Always do your research before choosing a breeder. Visit the facility, meet the sire and dam, and interview previous buyers. Is the puppy outgoing, friendly, and happy? Those are usually good indicators of early socialization. If choosing a Labradoodle from a rescue, try to obtain as much history as possible to ensure a good fit.”
Jenny Williams-  Happy Go Lucky Labradoodles

Look for a breeder who is temperament testing at seven weeks or later. If you choose a puppy based on its looks at three days or even three weeks, you will know nothing about that puppy. You may want a hunting dog and you’ll end up with a couch potato. You may be looking for a couch potato and end up with an extremely high energy puppy. Not having a puppy with the correct temperament is one of the leading reasons dogs are turned into shelters. Your breeder should have an application for you to fill out and a contract with a health guarantee to sign.”
Carolyn DeBar-  Doodle Around

Personality: if the dog has a high drive and wants to run and play all the time, it wouldn’t enjoy life sitting in front of the fires and having grandma hold it. The person choosing a Labradoodle needs to know what they want from the Labradoodle and what they expect of their new dog.”
JoAn Ellsworth-  EllsWORTH Labradoodles LLC

Question #2:  What are some of the most unique characteristics of the breed?

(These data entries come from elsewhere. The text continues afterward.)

//! The texts of values: of columns of numbers, times, flags and addresses.
ghost use Rattle.std.specs.Prelude.{◌≡◌, ◌++◌, decimal, OnOk};
ghost use Rattle.std.specs.Fmt.{signed_decimal};
ghost use Rattle.hex.specs.Hex.{encode_lower};
ghost use Rattle.col_csv.specs.Csv.{value_text};
ghost use Rattle.col_model.specs.ColumnType.{ColumnType};
ghost use Rattle.col_model.specs.ColumnType as types;
ghost use Rattle.col_model.specs.Table.{Cell, number};
ghost use Rattle.col_types.specs.Cells.{unsigned_cell, bool_cell};

use col_common::{DateTime, Ipv6Addr};
use itoa::Buffer;
use std::alloc::{AllocError, Global};

// Appends the texts of a column's values.
pub(crate) trait ValueTexts<T> {
    /// The type of the column.
    ghost kind: { ColumnType };

    /// The cell of a value.
    ghost cell: { Self → T → Cell };

    fn push(&self, alloc: Global, value: T, field: &mut Vec<u8>) -> Result<(), AllocError>
        ensures { OnOk result
            (field.new.items ≡ field.old.items ++ value_text kind (cell self.now value)) };
}

// The texts of values that need nothing beside them.
#[derive(Drop)]
pub(crate) struct PlainTexts;

impl ValueTexts<u64> for PlainTexts {
    ghost kind = { types.u64 };

    ghost cell = { λ _. unsigned_cell };

    #[inline]
    fn push(&self, _alloc: Global, value: u64, field: &mut Vec<u8>) -> Result<(), AllocError> {
        push_number(field, value)
    }
}

impl ValueTexts<i64> for PlainTexts {
    ghost kind = { types.i64 };

    ghost cell = { λ _. number };

    #[inline]
    fn push(&self, _alloc: Global, value: i64, field: &mut Vec<u8>) -> Result<(), AllocError> {
        push_signed(field, value)
    }
}

impl ValueTexts<DateTime> for PlainTexts {
    ghost kind = { types.datetime };

    ghost cell = { λ _. number };

    #[inline]
    fn push(&self, _alloc: Global, value: DateTime, field: &mut Vec<u8>) -> Result<(), AllocError> {
        push_signed(field, value.into_timestamp_nanos())
    }
}

impl ValueTexts<bool> for PlainTexts {
    ghost kind = { types.bool };

    ghost cell = { λ _. bool_cell };

    #[inline]
    fn push(&self, _alloc: Global, value: bool, field: &mut Vec<u8>) -> Result<(), AllocError> {
        if value {
            field.extend_from_slice(b"true")?;
        } else {
            field.extend_from_slice(b"false")?;
        }
        Ok(())
    }
}

impl ValueTexts<Ipv6Addr> for PlainTexts {
    ghost kind = { types.ip };

    ghost cell = { λ _. unsigned_cell };

    fn push(&self, alloc: Global, value: Ipv6Addr, field: &mut Vec<u8>) -> Result<(), AllocError> {
        push_digits(alloc, field, &value.to_bits().to_be_bytes())
    }
}

// Appends a number in decimal.
#[inline]
pub(crate) fn push_number(field: &mut Vec<u8>, number: u64) -> Result<(), AllocError>
    ensures { OnOk result (field.new.items ≡ field.old.items ++ decimal number) }
{
    let mut buffer = Buffer::new();
    field.extend_from_slice(buffer.format(number).as_bytes())
}

// The same of a number with a sign.
#[inline]
fn push_signed(field: &mut Vec<u8>, number: i64) -> Result<(), AllocError>
    ensures { OnOk result (field.new.items ≡ field.old.items ++ signed_decimal number) }
{
    let mut buffer = Buffer::new();
    field.extend_from_slice(buffer.format(number).as_bytes())
}

// Appends bytes as digits in hexadecimal.
pub(crate) fn push_digits(
    alloc: Global,
    field: &mut Vec<u8>,
    bytes: &[u8],
) -> Result<(), AllocError>
    ensures { OnOk result (field.new.items ≡ field.old.items ++ encode_lower bytes.now) }
{
    let digits = hex::encode(alloc, bytes)?;
    field.extend_from_slice(digits.as_bytes())
}
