// The next row of the plan after a second: for a driver that sleeps until the next change, or walks a plan without a buffer.
#![tactic(auto)]

ghost use Rattle.std.specs.Prelude.{◌≡◌, ◌∷◌, ◌<◌, pos};
ghost use Rattle.device_store.specs.Sizes.{end};
ghost use Rattle.device_holds.specs.Holds.{situation_of};
ghost use Rattle.plan.specs.Plan.{plan_of};
ghost use Rattle.plan_next.specs.Next.{first_row, row_numbers, next_said, next_answer};

use device_holds::{alike, view_at};
use device_rules::is_late;
use device_store::{END, State, VALUES, clock};
use plan::ROW;
use refusals::Refusal;

// A second, and its values behind it.
fn row_of(t: u64, values: [i64; VALUES]) -> [i64; ROW]
    requires { t < end }
    ensures { result ≡ pos t ∷ values }
{
    let mut row = [t as i64; ROW];
    row[1..].copy_from_slice(&values);
    row
}

// Walks from due to due, up to the first second whose values differ from the last.
fn first_change(d: &State, t: u64) -> Option<[i64; ROW]>
    ensures { result ≡ row_numbers (first_row (plan_of (situation_of d.now) t)) }
{
    let mut v = view_at(d, t);
    // By hand: it goes from due second to due second, and no list holds those.
    while v.next < END {
        let w = view_at(d, v.next);
        if !alike(w.values, v.values) {
            return Some(row_of(v.next, w.values));
        }
        v = w;
    }
    None
}

// The first row of the plan with a second above t, if there is one: 5 before the device's own second and past the end.
#[tactic(auto, using(crate::proofs::Later::answers))]
pub fn next_row(d: &State, t: u64) -> Result<Option<[i64; ROW]>, Refusal>
    ensures { next_said result ≡ next_answer d.now t }
{
    let own = clock(d);
    if is_late(own, t) {
        return Err(Refusal::BadTime);
    }
    Ok(first_change(d, t))
}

Labradoodle CharacteristicsConsensus:
 While the Labradoodle breed is often best known for its wavy, low or no-shed coats that tend to be easy on allergy sufferers, it is their unique nature that is most apparent. They tend to be exceptionally friendly and social canines with both high intelligence as well as a strong intuition about the people around them. This breed tends to be extremely adaptable, moving from service dog type work to active play and back again with ease.

Best Quotes:

Their friendliness and social nature. How intuitive they are with people and emotions, a trait that makes them wonderful for families that have a special needs or autistic family member or for those wanting to participate in a pet therapy or visitation program.”
Chad and Kristi Coopsha-  Riverbend Labradoodles

Labradoodles are intelligent dogs that are typically easy to train and possess good temperaments. They are social, sensitive, and loyal. Their most unique physical characteristic is a wavy, growing coat that is typically allergy friendly and non-shedding.”
Rochelle Woods-  Spring Creek Labradoodles

I always tell potential puppy families, if you like a Lab, you’ll love a Labradoodle. The friendliness and outgoing personality of a Lab and the smarts of a Poodle. Most ‘doodles think they are people and act accordingly. They love being in close contact with their family, often placing a paw on their person.”
Jenny Williams-  Happy Go Lucky Labradoodles

Their personalities are what sets them apart. They are fun and playful, yet light and easy-going.”
Jenny Walters-  Blessings Labradoodles

Question #3:  What do most people not know about Labradoodles that would surprise them?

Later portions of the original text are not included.